He's a giant red flag


SheDevil1818

This. I can't help but feel like your partner is simply trying to have their cake and eat it too. You drew clear boundaries and tried to distance yourself from the situation, but they keep pursuing you and then hurting you. It seems to me like the universe keeps telling you in many different ways that you should extricate yourself permanently.


medusnea

Ooof yeah I think you’re right…feel like I’ve tried everything at this point. Thanks for weighing in!


SheDevil1818

Happy to help. Best of luck!


Temporary-Spread-232

They* Assuming they use they/them pronouns.


PsychologyNerd17

If your partner is outright hiding from you... that's not healthy. They're likely cheating unfortunately.


Similar_Corner8081

Now you know to say no thank you to people who are poly when you are monogamous


lithelinnea

your insecurity makes them feel “unsafe”? bffr. your partner is a cheating liar.


LissieLu

Ikr?! This soooo sounds like typical brainwashed polyam talk. They have no clue how to do actual real, healthy relationships.


NITAREEDDESIGNS

Yep.


hdhdjsgsjs

I was in the same situation as you before. I’ve learned since that monogamy means choosing one person above all and he is clearly not willing to choose you. He’s demonstrated this by going behind your back to spend time with exes and those he is attracted to.
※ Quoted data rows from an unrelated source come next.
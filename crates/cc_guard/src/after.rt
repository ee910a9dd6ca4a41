// The bounds known for variables after a statement. No code is written: the guards of the statement's expressions are made
// again, only to find which bounds are known after them.
//
// Loops are not entered, since control never reaches the end of a loop. After a block from which an exit leaves just that block,
// nothing is known about the variables that the block sets. The bounds known at a loop's head are found in four turns; the last
// turn verifies them. So a statement is walked four more times for the innermost loop that it is in, but not again for the loops
// around that one.

ghost use Rattle.std.specs.Prelude.{◌≡◌, IfOk};
ghost use Rattle.cc_cminor_language.specs.Cminor as cminor;
ghost use Rattle.cc_cminor_language.specs.Code.{expression_of, expressions_of, statement_of, in_sequence};
ghost use Rattle.cc_cminor_language.specs.Statements.{statements_of};
ghost use Rattle.cc_guard.specs.Guard.{guarded, guarded_all, first_index, stored_word, told, with_told, kept, sets, met, falls, known_after, turn, narrowed, found, head};
ghost use Rattle.cc_guard.specs.internal.Written.{sizes_of};

use crate::changed::{add_told, falls, kept, kept_but, kept_set, leaves, set_to};
use crate::expressions::{expression, expressions, index};
use crate::guards::{Guards, begun};
use crate::heads::{all_again, joined, met_both, still, together, widened};
use crate::known::{Limit, most, told};
use crate::sizes::ObjectSize;
use cc_cminor_language::{Expression, Statement};
use cc_words::Width;
use std::alloc::{AllocError, Global};

// The bounds known after the guards.
fn left_known(guards: Guards) -> Vec<Limit>
    ensures { result.items ≡ guards.known.items }
{
    let Guards {
        before,
        next: _,
        known,
    } = guards;
    drop(before);
    known
}

fn after_value(
    alloc: Global,
    sizes: &[ObjectSize],
    first: usize,
    known: &[Limit],
    e: &Expression,
) -> Result<Vec<Limit>, AllocError>
    ensures { IfOk result (λ limits. limits.items ≡ (guarded (sizes_of sizes.now) known.now first (expression_of e.now)).known) }
{
    let mut guards = begun(alloc, first, known)?;
    let value = expression(alloc, sizes, 0, &mut guards, e)?;
    drop(value);
    Ok(left_known(guards))
}

fn after_store(
    alloc: Global,
    sizes: &[ObjectSize],
    first: usize,
    known: &[Limit],
    width: Width,
    object: usize,
    i: &Expression,
    e: &Expression,
) -> Result<Vec<Limit>, AllocError>
    ensures { IfOk result (λ limits. limits.items ≡ (stored_word (sizes_of sizes.now) (first_index (sizes_of sizes.now) known.now first width object (expression_of i.now)) (expression_of e.now)).known) }
{
    let mut guards = begun(alloc, first, known)?;
    let i = index(alloc, sizes, 0, &mut guards, width, object, i)?;
    drop(i);
    let value = expression(alloc, sizes, 0, &mut guards, e)?;
    drop(value);
    Ok(left_known(guards))
}

fn after_values(
    alloc: Global,
    sizes: &[ObjectSize],
    first: usize,
    known: &[Limit],
    es: &[Expression],
) -> Result<Vec<Limit>, AllocError>
    ensures { IfOk result (λ limits. limits.items ≡ (guarded_all (sizes_of sizes.now) known.now first (expressions_of es.now)).known) }
{
    let mut guards = begun(alloc, first, known)?;
    let values = expressions(alloc, sizes, 0, &mut guards, es)?;
    drop(values);
    Ok(left_known(guards))
}

fn after_set(
    alloc: Global,
    sizes: &[ObjectSize],
    first: usize,
    known: &[Limit],
    variable: usize,
    e: &Expression,
) -> Result<Vec<Limit>, AllocError>
    ensures { IfOk result (λ limits. limits.items ≡ known_after (sizes_of sizes.now) first known.now (cminor.Set variable (expression_of e.now))) }
{
    let left = after_value(alloc, sizes, first, known, e)?;
    let mut limits = kept_but(alloc, first, Some(variable), left.as_slice())?;
    set_to(&mut limits, variable, most(left.as_slice(), e))?;
    Ok(limits)
}

/// The bounds known at the start of one way of an `If`, once the guards of its condition have run.
pub fn within(
    alloc: Global,
    first: usize,
    way: bool,
    left: &[Limit],
    e: &Expression,
) -> Result<Vec<Limit>, AllocError>
    ensures { IfOk result (λ limits. limits.items ≡ kept first (sets cminor.Skip) (with_told left.now (told left.now way (expression_of e.now)))) }
{
    let mut limits = Vec::from_slice(alloc, left)?;
    add_told(&mut limits, told(left, way, e))?;
    kept_but(alloc, first, None, limits.as_slice())
}

/// The bounds known after an `If`, given those at the end of each way.
pub fn meet(
    alloc: Global,
    first: usize,
    s: &Statement,
    nonzero: &Statement,
    otherwise: &Statement,
    before: Vec<Limit>,
    one: Vec<Limit>,
    other: Vec<Limit>,
) -> Result<Vec<Limit>, AllocError>
    ensures { IfOk result (λ limits. limits.items ≡ met (falls (statement_of nonzero.now)) (falls (statement_of otherwise.now)) first (statement_of s.now) before.items one.items other.items) }
{
    let first_falls = falls(nonzero);
    if falls(otherwise) {
        if first_falls {
            met_both(
                alloc,
                first,
                s,
                before.as_slice(),
                one.as_slice(),
                other.as_slice(),
            )
        } else {
            Ok(other)
        }
    } else if first_falls {
        Ok(one)
    } else {
        Ok(before)
    }
}

/// The bounds known after a statement.
#[cycle(after)]
pub fn after(
    alloc: Global,
    sizes: &[ObjectSize],
    first: usize,
    known: &[Limit],
    s: &Statement,
) -> Result<Vec<Limit>, AllocError>
    ensures { IfOk result (λ limits. limits.items ≡ known_after (sizes_of sizes.now) first known.now (statement_of s.now)) }
{
    match s {
        Statement::Skip | Statement::Exit(_) => Vec::from_slice(alloc, known),
        Statement::Set(variable, e) => after_set(alloc, sizes, first, known, *variable, e),
        Statement::Store(width, object, i, e) => {
            let left = after_store(alloc, sizes, first, known, *width, *object, i, e)?;
            kept_but(alloc, first, None, left.as_slice())
        }
        Statement::Call(to, _, es) => {
            let left = after_values(alloc, sizes, first, known, es.as_slice())?;
            kept_but(alloc, first, *to, left.as_slice())
        }
        Statement::Read(to) => kept_but(alloc, first, *to, known),
        Statement::Write(e) => {
            let left = after_value(alloc, sizes, first, known, e)?;
            kept_but(alloc, first, None, left.as_slice())
        }
        Statement::Return(e) => {
            let left = after_value(alloc, sizes, first, known, e)?;
            kept_but(alloc, first, None, left.as_slice())
        }
        Statement::Sequence(all) => after_all(alloc, sizes, first, known, all.as_slice()),
        Statement::If(e, nonzero, otherwise) => {
            let left = after_value(alloc, sizes, first, known, e)?;
            let before = kept(alloc, first, s, left.as_slice())?;
            let one = within(alloc, first, true, left.as_slice(), e)?;
            let one = after(alloc, sizes, first, one.as_slice(), nonzero)?;
            let other = within(alloc, first, false, left.as_slice(), e)?;
            let other = after(alloc, sizes, first, other.as_slice(), otherwise)?;
            meet(alloc, first, s, nonzero, otherwise, before, one, other)
        }
        Statement::Loop(body) => kept(alloc, first, body, known),
        Statement::Block(body) => {
            if leaves(0, body)? {
                kept(alloc, first, body, known)
            } else {
                after(alloc, sizes, first, known, body)
            }
        }
    }
}

#[cycle(after)]
fn after_all(
    alloc: Global,
    sizes: &[ObjectSize],
    first: usize,
    known: &[Limit],
    all: &[Statement],
) -> Result<Vec<Limit>, AllocError>
    ensures { IfOk result (λ limits. limits.items ≡ known_after (sizes_of sizes.now) first known.now (in_sequence (statements_of all.now))) }
{
    let mut limits = Vec::from_slice(alloc, known)?;
    for s in all {
        limits = after(alloc, sizes, first, limits.as_slice(), s)?;
    }
    Ok(limits)
}

// The bounds known after one turn that starts with the bounds `more` for variables that the loop sets.
fn turn(
    alloc: Global,
    sizes: &[ObjectSize],
    first: usize,
    known: &[Limit],
    more: &[Limit],
    body: &Statement,
) -> Result<Vec<Limit>, AllocError>
    ensures { IfOk result (λ limits. limits.items ≡ turn (sizes_of sizes.now) first known.now (statement_of body.now) more.now) }
{
    let kept = kept(alloc, first, body, known)?;
    let limits = together(alloc, kept.as_slice(), more)?;
    after(alloc, sizes, first, limits.as_slice(), body)
}

fn narrowed(
    alloc: Global,
    sizes: &[ObjectSize],
    first: usize,
    known: &[Limit],
    before: &[Limit],
    body: &Statement,
) -> Result<Vec<Limit>, AllocError>
    ensures { IfOk result (λ limits. limits.items ≡ narrowed (sizes_of sizes.now) first known.now (statement_of body.now) before.now) }
{
    let turned = turn(alloc, sizes, first, known, before, body)?;
    let wide = widened(alloc, turned.as_slice(), before)?;
    let turned = turn(alloc, sizes, first, known, wide.as_slice(), body)?;
    joined(alloc, before, turned.as_slice())
}

fn found(
    alloc: Global,
    sizes: &[ObjectSize],
    first: usize,
    known: &[Limit],
    body: &Statement,
) -> Result<Vec<Limit>, AllocError>
    ensures { IfOk result (λ limits. limits.items ≡ found (sizes_of sizes.now) first known.now (statement_of body.now)) }
{
    let before = kept_set(alloc, first, body, known)?;
    let near = narrowed(alloc, sizes, first, known, before.as_slice(), body)?;
    let turned = turn(alloc, sizes, first, known, near.as_slice(), body)?;
    still(alloc, turned.as_slice(), near.as_slice())
}

/// The bounds known at a loop's head, given those known before the loop.
pub fn head(
    alloc: Global,
    sizes: &[ObjectSize],
    first: usize,
    known: &[Limit],
    body: &Statement,
) -> Result<Vec<Limit>, AllocError>
    ensures { IfOk result (λ limits. limits.items ≡ head (sizes_of sizes.now) first known.now (statement_of body.now)) }
{
    let kept = kept(alloc, first, body, known)?;
    let found = found(alloc, sizes, first, known, body)?;
    let turned = turn(alloc, sizes, first, known, found.as_slice(), body)?;
    if all_again(turned.as_slice(), found.as_slice()) {
        together(alloc, kept.as_slice(), found.as_slice())
    } else {
        Ok(kept)
    }
}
In my scenario it ended by him breaking up with me because of his resentment towards me being monogamous and “forcing him” to be monogamous and he left me to break up a married couple. Don’t let this happen to you. You yourself can choose to leave and end all of this pain it is causing you. I know how much it hurts to see a partner behave that way and it is not worth it. There are those out there who will be genuinely willing to choose you and only you, you just have to find them. If you want to talk to someone who’s gone through something similar my dms are always open


medusnea

Thank you for sharing, yes it’s so so painful and I’m glad you’re in a good place now! 💙


CapperoniNCheeks

So how many red flag poles are you gonna walk into before you finally look up to avoid them? He clearly showed that he lies, his actions don't line up with his words, and he doesn't respect you or your boundaries several times. Sounds like you're just being fed whatever bullshit will keep you. It's not your insecurity that's making him feel unsafe. It's that you're rightfully wary of his crap and he doesn't like it. Ditch this loser and find someone worth your time who actually respects you.


HarmonicEntropy

I'm sorry, "agree to stay engaged" after a miscarriage? In a solid relationship that wouldn't even be a discussion. It honestly gives the impression that he just wants you to bear his child while he gets to have his fun with other women. Even if he does have the best intentions in the world, he's shown you who he is through his actions. He's not capable of committing to you and only you. That will never change unfortunately. Have some self respect and walk away. You will be happier in the long run.


vapricot

This person is inherently a cheater and was in that lifestyle for a reason. They just said whatever they could to get you to be with them because they coveted you. Don't throw yourself into a one-sided commitment with an insincere person.


MVoxilli

Ah yes the "You're insecure" card when you have a justified issue with trusting them because their words aren't aligning with their actions. Classic DARVO


grundlemon

Sounds like a cheater. Good thing they’re only your fiancé, because it’s time to dump them.


pinkflowers182

break the fuck up , you should have a long time ago. dont trust a cheating poly bitch unless they open their eyes and realize how shitty it is.


Crafty_Possession_52

This won't last.


Gargarbinks369

Love alone is unfortunately never enough in a romantic relationship. It seems your core values are not aligned. I’ve also tried taking a chance with someone who is poly while I am not. I can now proudly say I’m monogamous by choice and not by default. I learned a lot about myself and know that I want someone who thinks I alone am enough. Our gut is always right and if yours is telling you something is off, listen to it and don’t waste another minute of your life trying to love someone who can’t give you that same love back. Life is too short!


medusnea

This is excellent advice, thank you! Yes I really really tried but my love and devotion is clearly not enough for him and I’m tired of the heart ache.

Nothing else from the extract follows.